August 17, 2006
When I heard that Stephen Langston's EP was an "alternative Christian" release, I had something specific in mind. Relient K, perhaps, or something in the Tooth and Nail tradition. Alternative as a genre is pretty well defined.
But stylistically, Langston has more of a Michael Card meets Glass Harp sound. You can hear the classic rock influences throughout the CD, especially in "Behind The Scenes," which only makes sense as Langston lists Grand Funk Railroad, Cream, and the Beatles among his early influences. So where is the "alternative Christian" sound?
Langston is striving to provide an alternative to popular Christian music in general a genre that has become as over-commercialized as its secular counterpart. At a time when popular Christian music seems to be revisiting the "If you like Motley Crue, you'll like Stryper" days, Stephen Langston is creating music, not copying someone else's style. While you can certainly hear his influences, the way he puts those influences to work is completely unique.

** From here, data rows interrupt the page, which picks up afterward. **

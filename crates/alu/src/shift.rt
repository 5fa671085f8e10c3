// Shifts of a word, by the low five bits of the second operand.
ghost use Rattle.std.specs.Prelude.{◌≡◌};
ghost use Rattle.isa.specs.declared.instruction.BinaryOp.TheVariants.{Ashr, Shr, Shl};
ghost use Rattle.alu.specs.Binary.{binary};

// A negative word is shifted as its complement, so that ones come in from above: the compiler makes one instruction of it.
pub fn ashr(x: u32, y: u32) -> u32
    ensures { result ≡ binary Ashr x y }
{
    if x < 2147483648 {
        x.wrapping_shr(y)
    } else {
        !(!x).wrapping_shr(y)
    }
}

pub fn shr(x: u32, y: u32) -> u32
    ensures { result ≡ binary Shr x y }
{
    x.wrapping_shr(y)
}

pub fn shl(x: u32, y: u32) -> u32
    ensures { result ≡ binary Shl x y }
{
    x.wrapping_shl(y)
}
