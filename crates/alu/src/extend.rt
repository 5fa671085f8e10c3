// The low bits of a word as a signed number.
ghost use Rattle.std.specs.Prelude.{◌≡◌, ◌*◌, ◌%◌, ◌^◌, ◌≤◌, ◌<◌};
ghost use Rattle.isa.specs.declared.instruction.UnaryOp.TheVariants.{Sext8, Sext16};
ghost use Rattle.word_layout.specs.Layout.{extended};
ghost use Rattle.alu.specs.Unary.{unary};

// The bits up to the sign's, which weighs `sign`.
fn sext(sign: u32, x: u32) -> u32
    requires { (0 < sign) × (sign < 2 ^ 31) }
    ensures { result ≡ extended 32 sign (x % (2 * sign)) }
{
    let low = x % (2 * sign);
    if sign <= low {
        low.wrapping_sub(2 * sign)
    } else {
        low
    }
}

pub fn sext8(x: u32) -> u32
    ensures { result ≡ unary Sext8 x }
{
    sext(128, x)
}

pub fn sext16(x: u32) -> u32
    ensures { result ≡ unary Sext16 x }
{
    sext(32768, x)
}
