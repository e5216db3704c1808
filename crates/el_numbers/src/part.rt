//! An EL part over numbers.
use fact_rows::Numbers;

/// The number of Thing.
pub const THING: u32 = 0;

/// The number of Nothing.
pub const NOTHING: u32 = 1;

/// What an expression is, of which the rules need to know no more.
#[derive(Clone, Copy, Debug, PartialEq, Eq)]
pub enum Shape {
    /// Thing, Nothing, or a class.
    Name,
    /// An intersection. Its operands stand beside the shapes.
    And,
    /// An existential restriction: its role and its filler.
    Some(u32, u32),
}

/// The expressions that occur and the axioms of the EL part, by numbers of expressions and of roles. Equivalences stand
/// as two inclusions, of classes or of roles, and a transitive role as a chain of it with itself.
#[derive(Drop)]
pub struct NumberedPart {
    /// The shape of each expression. Thing is 0 and Nothing is 1.
    pub shapes: Vec<Shape>,
    /// The operands of each intersection, at its number.
    pub operands: Vec<Numbers>,
    /// How many roles there are.
    pub role_count: u32,
    /// Inclusions: the sub class and the super class.
    pub inclusions: Vec<(u32, u32)>,
    /// Disjoint classes, two and two.
    pub disjoints: Vec<(u32, u32)>,
    /// Inclusions of roles: the sub role and the super role.
    pub role_inclusions: Vec<(u32, u32)>,
    /// Chains: two roles and the role that they imply.
    pub chains: Vec<(u32, u32, u32)>,
    /// Domains: a role and a class.
    pub domains: Vec<(u32, u32)>,
}
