//! Saturation of an EL part over numbers: all facts that eleven rules derive from it. A fact says that one numbered
//! expression is below another, or that it has a link by a role to another. `Rule` lists the rules, `Derived` is a
//! finite tree of them. `saturate` gives the table of exactly the derived facts, or says that they number more than a
//! limit; the two exclude each other, for every limit.
//!
//! The layer above numbers the expressions that occur, each once, with Thing as 0 and Nothing as 1; gives each its
//! shape, so that a restriction is a role and a filler by their numbers; gives an intersection its operands; numbers the
//! roles; and writes equivalences as two inclusions and a transitive role as a chain. Since numbers and expressions are
//! one to one, what is derived of the numbers is what is derived of the expressions. The rows of a saturated table are
//! what direct edges are taken from.
#![tactic(auto)]

mod conclude;
mod fact;
mod fault;
mod index;
mod laws;
mod met;
mod part;
mod saturation;
mod storing;
mod table;

pub use fact::Fact;
pub use fault::SaturationFault;
pub use laws::{
    answers_exclude, below_is_transitive, saturated_is_largest, saturated_rows_are_ordered,
};
pub use part::{NOTHING, NumberedPart, Shape, THING};
pub use saturation::saturate;
pub use table::Table;

#[cfg(test)]
mod tests;
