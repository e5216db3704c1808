//! What printing amounts to. Each law is the contract of a function that does nothing.
ghost use Rattle.clause_printer.specs.Laws.{PrintedApart, SpelledIfFit, SpellsAgain, SpellsCommented};

use obo_clause::Clause;

/// The printed line of a clause says the clause again, wherever some line says it.
pub fn printed_line_spells_again(clause: &Clause)
    ensures { SpellsAgain clause.now }
{}

/// A line spells a clause exactly where the parts of the clause are as they have to be.
pub fn spelled_clauses_fit(clause: &Clause)
    ensures { SpelledIfFit clause.now }
{}

/// A name in a comment behind the printed line says nothing, where the tag is not foreign.
pub fn comment_says_nothing(clause: &Clause)
    ensures { SpellsCommented clause.now }
{}

/// Different clauses are printed as different lines, in one place of a frame.
pub fn clauses_are_printed_apart(clause: &Clause)
    ensures { PrintedApart clause.now }
{}
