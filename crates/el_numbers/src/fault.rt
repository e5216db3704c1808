//! Why there is no table.
ghost use Rattle.std.specs.Prelude.{◌≡◌};
ghost use Rattle.el_numbers.specs.declared.fault.SaturationFault.TheVariants as fault;

use std::alloc::{AllocError, AllocFailed};

/// Why a saturation gave no table.
#[derive(Clone, Copy, Debug, PartialEq, Eq)]
pub enum SaturationFault {
    /// More facts are derived than this limit.
    TooManyFacts(u64),
    /// No memory was left.
    NoMemory,
}

impl From<AllocError> for SaturationFault {
    ghost from_gives = { λ _ made. made ≡ fault.NoMemory };

    fn from(_: AllocError) -> SaturationFault {
        SaturationFault::NoMemory
    }
}

impl<T: Drop> From<AllocFailed<T>> for SaturationFault {
    ghost from_gives = { λ _ made. made ≡ fault.NoMemory };

    fn from(failed: AllocFailed<T>) -> SaturationFault {
        drop(failed);
        SaturationFault::NoMemory
    }
}
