//! An ontology: a name, and a list of proper axioms without repeats, each with its least origin.
#![tactic(auto)]

mod laws;
mod ontology;
mod origin;

pub use laws::{
    adding_keeps_the_lesser_origin, adding_many_is_of_sets, adding_many_keeps_the_least_origin,
    sameness_is_equivalence,
};
pub use ontology::Ontology;
pub use origin::Origin;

And then there are the lyrics. Back in the day, you could measure how "Christian" a song was by tracking it's JPM (Jesus Per Minute). The more often Jesus was mentioned, the more Christian the song was supposed to be. But Langston's lyrics are much more spiritually mature there's no preaching, and you won't be knocked over the head by a Bible when you listen.

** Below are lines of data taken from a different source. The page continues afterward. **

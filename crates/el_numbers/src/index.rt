//! Indexes of the axioms, by what a fact leads with.
ghost use Rattle.std.specs.Prelude.{◌≡◌, ℕ, ◌<◌, ◌≤◌, ◌++◌, Option, length, map, slice_get, IfOk, OnOk};
ghost use Rattle.fact_rows.specs.Member.{In};
ghost use Rattle.fact_rows.specs.Rows.{row};
ghost use Rattle.el_numbers.specs.Proper.{IsProper};
ghost use Rattle.el_numbers.specs.inner.Indexes.{IsIndexOf, IsPairIndexOf, IsIndexed, swapped, by_second, restrictions, restrictions_at, intersections, intersections_at};

use crate::{NumberedPart, Shape};
use fact_rows::{
    Numbers, Pairs, empty_numbers, empty_pairs, numbers_at, push_number_at, push_pair_at,
};
use std::alloc::{AllocError, Global};

/// The axioms by what a fact leads with.
#[derive(Drop)]
pub struct Indexes {
    /// The super classes of a class, as told.
    pub told: Vec<Numbers>,
    /// The intersections that an expression is an operand of.
    pub ands: Vec<Numbers>,
    /// The classes that are disjoint with a class.
    pub disjoint: Vec<Numbers>,
    /// The super roles of a role.
    pub roles: Vec<Numbers>,
    /// The domains of a role.
    pub domains: Vec<Numbers>,
    /// The restrictions with a filler: their roles and their numbers.
    pub somes: Vec<Pairs>,
    /// The chains that begin with a role: the second role and the implied one.
    pub first: Vec<Pairs>,
    /// The chains that end with a role: the first role and the implied one.
    pub second: Vec<Pairs>,
}

/// The values of each key, in rows.
fn index_numbers(
    alloc: Global,
    count: u32,
    pairs: &[(u32, u32)],
) -> Result<Vec<Numbers>, AllocError>
    requires { (k v : ℕ) → In (k, v) pairs.now → k < count }
    ensures { IfOk result (λ rows. IsIndexOf pairs.now rows.items) }
{
    let mut rows = empty_numbers(alloc, count)?;
    for (key, value) in pairs {
        push_number_at(&mut rows, *key, *value)?;
    }
    Ok(rows)
}

/// The pairs of each key, in rows.
fn index_pairs(
    alloc: Global,
    count: u32,
    triples: &[(u32, u32, u32)],
) -> Result<Vec<Pairs>, AllocError>
    requires { (k v w : ℕ) → In (k, v, w) triples.now → k < count }
    ensures { IfOk result (λ rows. IsPairIndexOf triples.now rows.items) }
{
    let mut rows = empty_pairs(alloc, count)?;
    for (key, one, other) in triples {
        push_pair_at(&mut rows, *key, (*one, *other))?;
    }
    Ok(rows)
}

/// The pairs, and behind them the same turned round.
fn both_ways(alloc: Global, pairs: &[(u32, u32)]) -> Result<Vec<(u32, u32)>, AllocError>
    ensures { IfOk result (λ made. made.items ≡ pairs.now ++ map swapped pairs.now) }
{
    let mut made = Vec::from_slice(alloc, pairs)?;
    for (one, other) in pairs {
        made.push((*other, *one))?;
    }
    Ok(made)
}

/// The chains, each with its second role before its first.
fn second_first(
    alloc: Global,
    chains: &[(u32, u32, u32)],
) -> Result<Vec<(u32, u32, u32)>, AllocError>
    ensures { IfOk result (λ made. made.items ≡ map by_second chains.now) }
{
    let mut made = Vec::new(alloc);
    for (first, second, implied) in chains {
        made.push((*second, *first, *implied))?;
    }
    Ok(made)
}

/// What an expression is.
pub fn shape_at(shapes: &[Shape], at: u32) -> Option<Shape>
    ensures { result ≡ slice_get shapes.now at }
{
    shapes.get(at as usize).copied()
}

/// Adds a restriction: its filler, its role, its number.
fn push_restriction(
    made: &mut Vec<(u32, u32, u32)>,
    shape: Option<Shape>,
    at: u32,
) -> Result<(), AllocError>
    ensures { OnOk result (made.new.items ≡ made.old.items ++ restrictions_at shape at) }
{
    match shape {
        None => Ok(()),
        Some(Shape::Name) => Ok(()),
        Some(Shape::And) => Ok(()),
        Some(Shape::Some(role, filler)) => {
            made.push((filler, role, at))?;
            Ok(())
        }
    }
}

/// The restrictions below a number: each with its filler, its role, its number.
fn list_restrictions(
    alloc: Global,
    count: u32,
    shapes: &[Shape],
) -> Result<Vec<(u32, u32, u32)>, AllocError>
    ensures { IfOk result (λ made. made.items ≡ restrictions shapes.now count) }
{
    let mut made = Vec::new(alloc);
    for at in 0..count {
        push_restriction(&mut made, shape_at(shapes, at), at)?;
    }
    Ok(made)
}

/// Adds the operands of an intersection, each beside its number.
fn push_operands(made: &mut Vec<(u32, u32)>, at: u32, operands: &[u32]) -> Result<(), AllocError>
    ensures { OnOk result (made.new.items ≡ made.old.items ++ intersections_at at operands.now) }
{
    for operand in operands {
        made.push((*operand, at))?;
    }
    Ok(())
}

/// The operands of the intersections below a number, each beside its intersection.
fn list_operands(
    alloc: Global,
    count: u32,
    operands: &[Numbers],
) -> Result<Vec<(u32, u32)>, AllocError>
    ensures { IfOk result (λ made. made.items ≡ intersections operands.now count) }
{
    let mut made = Vec::new(alloc);
    for at in 0..count {
        push_operands(&mut made, at, numbers_at(operands, at))?;
    }
    Ok(made)
}

/// The indexes of a part.
pub fn indexes_of(alloc: Global, part: &NumberedPart) -> Result<Indexes, AllocError>
    requires { IsProper part.now }
    ensures { IfOk result (λ indexes. IsIndexed part.now indexes) }
{
    let count = part.shapes.len() as u32;
    let role_count = part.role_count;
    let operands = list_operands(alloc, count, &part.operands)?;
    let disjoints = both_ways(alloc, &part.disjoints)?;
    let restrictions = list_restrictions(alloc, count, &part.shapes)?;
    let seconds = second_first(alloc, &part.chains)?;
    let told = index_numbers(alloc, count, &part.inclusions)?;
    let ands = index_numbers(alloc, count, operands.as_slice())?;
    let disjoint = index_numbers(alloc, count, disjoints.as_slice())?;
    let roles = index_numbers(alloc, role_count, &part.role_inclusions)?;
    let domains = index_numbers(alloc, role_count, &part.domains)?;
    let somes = index_pairs(alloc, count, restrictions.as_slice())?;
    let first = index_pairs(alloc, role_count, &part.chains)?;
    let second = index_pairs(alloc, role_count, seconds.as_slice())?;
    Ok(Indexes {
        told,
        ands,
        disjoint,
        roles,
        domains,
        somes,
        first,
        second,
    })
}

But you can tell that it's Christian music. Lyrics like "Yeah the force of water is a powerful thing/A symbol of the power and the force of the King ... So dip me in the water Cleanse me in the water" from "It's A Powerful Thing" are pretty clearly Christian, but there's no bumper sticker sloganeering here. This is a faith that's meant to be lived, and shared, not plastered on the back end of your Ford.
At a time when so much of what passes for Christian music is incredibly shallow lyrically (and usually theologically as well) and derivative musically, Stephen Langston is a breath of fresh air. Singer/songwriters like him are reclaiming the heritage of Christian music, and providing a great alternative to cookie-cutter music in the process.
August 13, 2006
I'm still a bit numb. Earlier this year, I spoke repeatedly at a church near here, and was sure they were going to vote me in as pastor at any time (in fact, I stepped down as Books editor at Blogcritics in anticipation). Never happened. I'm still not sure I was ever actually voted on.
So I'm not sure I ever really thought about the vote happening. And now it has, and I'm there. We're going to stay in Ohio until the end of September, when the baby is due (a boy!), and then move. I've got to give notice at my job, and then I'm going to commute a couple times each week.
And I've got to find some work there, since I'll be bivocational (at least to start). Shouldn't be a problem -- schools always need good substitute teachers, after all.
I appreciate all your prayers, and will need them now more than ever.
August 12, 2006
Blogging seems to be something that I'm doing when real life isn't intervening. And real life has been all over me lately.
I've been working a new job (I sorta mentioned that before). I get up at 4 in the morning, leave by 5, and get home after 6 in the evening. NOT much blogging time left in that, when you factor in eating and sleeping.
PLUS -- last Sunday I preached a trial sermon at Fairlawn Baptist Church in West Virginia. Tomorrow they vote on whether to call me as their pastor. It's a small church, and I'll be bi-vocational at least to start with if I end up going (and if they call me, I'll go. That much is clear to me right now). So I'm stealing time here and there to blog, until I get a firmer schedule worked out.
I would appreciate everyone's prayers. I find out tomorrow at about 1:30 what the results of the vote are, so I'm a bit ... distracted today.
August 05, 2006
Never mind that the sermon series in question was delivered in 2004 (Church Marketing Sucks picked it up almost a year ago, and it was old news then). It's news because a "mega-church" pastor lost 1,000 members over what he said, but anyone familiar with Greg Boyd would know that he's not worried about building a big church -- he's more concerned about ministry than numbers for their own sake.
It's news because mega-church pastors aren't supposed to work that way. Mega-churches are built based on modern marketing campaigns and catering tot he whims of everyone who might attend, supposedly. But Boyd's church bucks that trend.
I've written about Christians and politics before. I tend to agree with Boyd that modern Christians put a lot of faith in the political process, and forget that Jesus saves, not Washington. Legislation can change society temporarily (as we saw during Prohibition) but Christ can change people permanently, and impact society one life at a time. That's the way we need to work.